Roberts’ decision to keep voting in the Senate despite his eligibility being referred to the high court is unusual.
The Nationals senator Matt Canavan, who has stood aside as minister for resources and northern Australia while the high court considers his own eligibility, has pledged not to vote in the Senate until the high court resolves his case.
Roberts’ account of his citizenship status has changed repeatedly in recent weeks, and a statutory declaration he tabled in the Senate on Tuesday failed to clear the matter up.
His statutory declaration confirmed he was presently not a citizen of the UK or India, and was a citizen of Australia only – but it did not clarify whether he was an Australian citizen only when he nominated for the election last year.
Documents published by BuzzFeed on Tuesday again confirmed that Roberts had been a British citizen in the past, contradicting the senator’s claim last year that he had “never held any citizenship other than Australian”.

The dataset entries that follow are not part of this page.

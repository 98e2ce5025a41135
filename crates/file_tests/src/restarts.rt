//! A store in files that crashes between two lists of requests, and whose site may grow there.
ghost use Rattle.std.specs.Prelude.{All};
ghost use Rattle.site_core.specs.Prelude.{IsGrowth, IsSeatCaller};

use crate::disks::{
    FilesCase, InFiles, NO_STOP, SqlFiles, Store, file_of, over_files, rows_in, undisturbed,
};
use crate::grown::held_over_growth;
use crate::stops::{cut_at, run_and_books};
use crash_laws::{Restarted, crash, replay_through_crash};
use office_core::{Reply, SeatRequest};
use site_core::{SiteText, read_site_text};
use sqlite::{Files, Options};
use sqlite_disk::{Fuse, Memory};
use std::alloc::Global;
use std::test::Fail;
use test_fixtures::conversations::growths::{GROWTHS, Growth};
use test_fixtures::conversations::{Exchange, exchanges};
use test_fixtures::samples::SITE;
use test_support::lists::{first_difference_among, seat_requests};

/// What a crash leaves of a store.
fn left_by(alloc: Global, keep: SqlFiles) -> Option<Store> {
    Store::of(alloc, &crash(keep))
}

/// The first request of two lists that didn't get its reply, and what it got, and what is left.
fn first_difference_in_both(
    alloc: Global,
    asked: (&[Exchange<'_>], &[Exchange<'_>]),
    replies: (&[Reply], &[Reply]),
    left: Option<Store>,
) -> Result<(String, Store), Fail> {
    let left = left.ok_or("no memory for what is left")?;
    let found = first_difference_among(alloc, asked.0, replies.0)?;
    if !found.is_empty() {
        return Ok((found, left));
    }
    Ok((first_difference_among(alloc, asked.1, replies.1)?, left))
}

/// Crashes at the end of two lists of requests: the first that didn't get its reply, and what it got, and what
/// is left.
fn ended(
    alloc: Global,
    asked: (&[Exchange<'_>], &[Exchange<'_>]),
    done: Restarted<Fuse<Memory>>,
) -> Result<(String, Store), Fail> {
    let Restarted {
        before,
        after,
        keep,
    } = done;
    let left = left_by(alloc, keep);
    first_difference_in_both(alloc, asked, (before.as_slice(), after.as_slice()), left)
}

/// Makes requests over new files in memory, crashes, and makes more over what is left.
fn restarted(
    alloc: Global,
    site: &SiteText,
    first: &[SeatRequest],
    grown: &SiteText,
    second: &[SeatRequest],
) -> Result<Restarted<Fuse<Memory>>, Fail>
    requires first { All (λ asked. IsSeatCaller site.now.site asked.caller) first.now }
    requires second { All (λ asked. IsSeatCaller grown.now.site asked.caller) second.now }
    requires grown { IsGrowth site.now.site grown.now.site }
{
    let files = Files {
        log: file_of(alloc, &[], NO_STOP.log_calls)?,
        db: file_of(alloc, &[], NO_STOP.file_calls)?,
    };
    let options = Options::new(7);
    Ok(replay_through_crash(alloc, files, options, site, first, grown, second)?)
}

/// Asks what is asked in exchanges, has the files in memory lose what wasn't synced, and asks for more
/// for the site of a text that is the sample's or grew from it: the first request that doesn't get its
/// reply, and what it got, and what another crash leaves at the end.
fn held_through_crash(
    alloc: Global,
    before: &[Exchange<'_>],
    next: &str,
    after: &[Exchange<'_>],
) -> Result<(String, Store), Fail> {
    let (site, grown) = (read_site_text(alloc, SITE)?, read_site_text(alloc, next)?);
    let first = seat_requests(alloc, site.site(), before)?;
    let second = seat_requests(alloc, grown.site(), after)?;
    if !site.site().is_growth(grown.site()) {
        return Err(Fail::from("no growth"));
    }
    let done = restarted(alloc, &site, first.as_slice(), &grown, second.as_slice())?;
    ended(alloc, (before, after), done)
}

/// Asks what is asked in exchanges, has the files in memory lose what wasn't synced, and asks for more: what differs
/// first, in a reply or in what stands in the store at the end, which must be this.
fn difference_through_crash<K: InFiles>(
    alloc: Global,
    before: &[Exchange<'_>],
    next: &str,
    after: &[Exchange<'_>],
    wanted: &str,
) -> Result<String, Fail> {
    let (found, left) = held_through_crash(alloc, before, next, after)?;
    if !found.is_empty() {
        return Ok(found);
    }
    let rows = rows_in::<K>(alloc, &left)?;
    if rows.as_str() != wanted {
        return Ok(format!(in alloc; "{wanted} -> {rows}")?);
    }
    Ok(found)
}

/// A run with a crash behind each of its requests, which is sent again after it, with no other and with those
/// that show the books: what differs first from the run that nothing stops.
fn first_difference_at_crashes<K: InFiles>(alloc: Global) -> Result<String, Fail> {
    let (all, run) = run_and_books(alloc)?;
    let all = all.as_slice();
    for sent in 0..run {
        let count = sent.saturating_add(1);
        let (before, _) = cut_at(all, count);
        let (_, again) = cut_at(all, sent);
        for after in &[cut_at(again, 1).0, again] {
            let after = *after;
            let (whole, _) = cut_at(all, sent.saturating_add(after.len()));
            let wanted = undisturbed::<K>(alloc, &Store::new(alloc), SITE, whole)?;
            let found = difference_through_crash::<K>(alloc, before, SITE, after, wanted.as_str())?;
            if !found.is_empty() {
                return Ok(format!(in alloc; "behind {count} requests: {found}")?);
            }
        }
    }
    Ok(String::new(alloc))
}

/// A growth of the sample site behind a crash: what differs first from a store that is closed where the other
/// crashes.
fn difference_at_growth<K: InFiles>(alloc: Global, growth: &Growth) -> Result<String, Fail> {
    let (found, closed) = held_over_growth::<K>(alloc, growth)?;
    if !found.is_empty() {
        return Ok(found);
    }
    let before = exchanges(alloc, growth.before)?;
    let after = exchanges(alloc, growth.after)?;
    let wanted = rows_in::<K>(alloc, &closed)?;
    difference_through_crash::<K>(
        alloc,
        before.as_slice(),
        growth.site,
        after.as_slice(),
        wanted.as_str(),
    )
}

/// A growth of the sample site behind a crash, for each growth: what differs first, behind the growth's name.
fn first_difference_at_growths<K: InFiles>(alloc: Global) -> Result<String, Fail> {
    for growth in GROWTHS {
        let found = difference_at_growth::<K>(alloc, growth)?;
        if !found.is_empty() {
            return Ok(format!(in alloc; "{}: {found}", growth.name)?);
        }
    }
    Ok(String::new(alloc))
}

/// A run with a crash behind each of its requests.
struct CrashedRun;

impl FilesCase for CrashedRun {
    fn first_difference<K: InFiles>(alloc: Global) -> Result<String, Fail> {
        first_difference_at_crashes::<K>(alloc)
    }
}

/// Growths behind a crash.
struct CrashedGrowths;

impl FilesCase for CrashedGrowths {
    fn first_difference<K: InFiles>(alloc: Global) -> Result<String, Fail> {
        first_difference_at_growths::<K>(alloc)
    }
}

/// A list of requests, a crash of the files and a list that begins with the last request again: what was
/// replied is there, the repeat gets its reply, and the tables are those of a run that nothing stops.
#[test]
fn lists_go_on_behind_a_crash(rt: HostRuntime) -> Result<(), Fail> {
    assert_eq!(rt; over_files::<CrashedRun>(rt.alloc())?.as_str(), "");
    Ok(())
}

/// A list of requests, a crash of the files, a growth of the site and a second list: what was replied is there,
/// and the tables are those of a store that was closed where this one crashed.
#[test]
fn grown_sites_go_on_behind_a_crash(rt: HostRuntime) -> Result<(), Fail> {
    assert_eq!(rt; over_files::<CrashedGrowths>(rt.alloc())?.as_str(), "");
    Ok(())
}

It is understood that attorney general, George Brandis, approached Di Natale’s office on Tuesday evening to inform him of Hanson’s decision to refer Roberts’ eligibility to the high court herself.
Labor and the Coalition preferred One Nation to refer Roberts to the high court themselves rather than the Greens, because they did not want to set a precedent of rival parties referring political opponents to the high court to test their eligibility.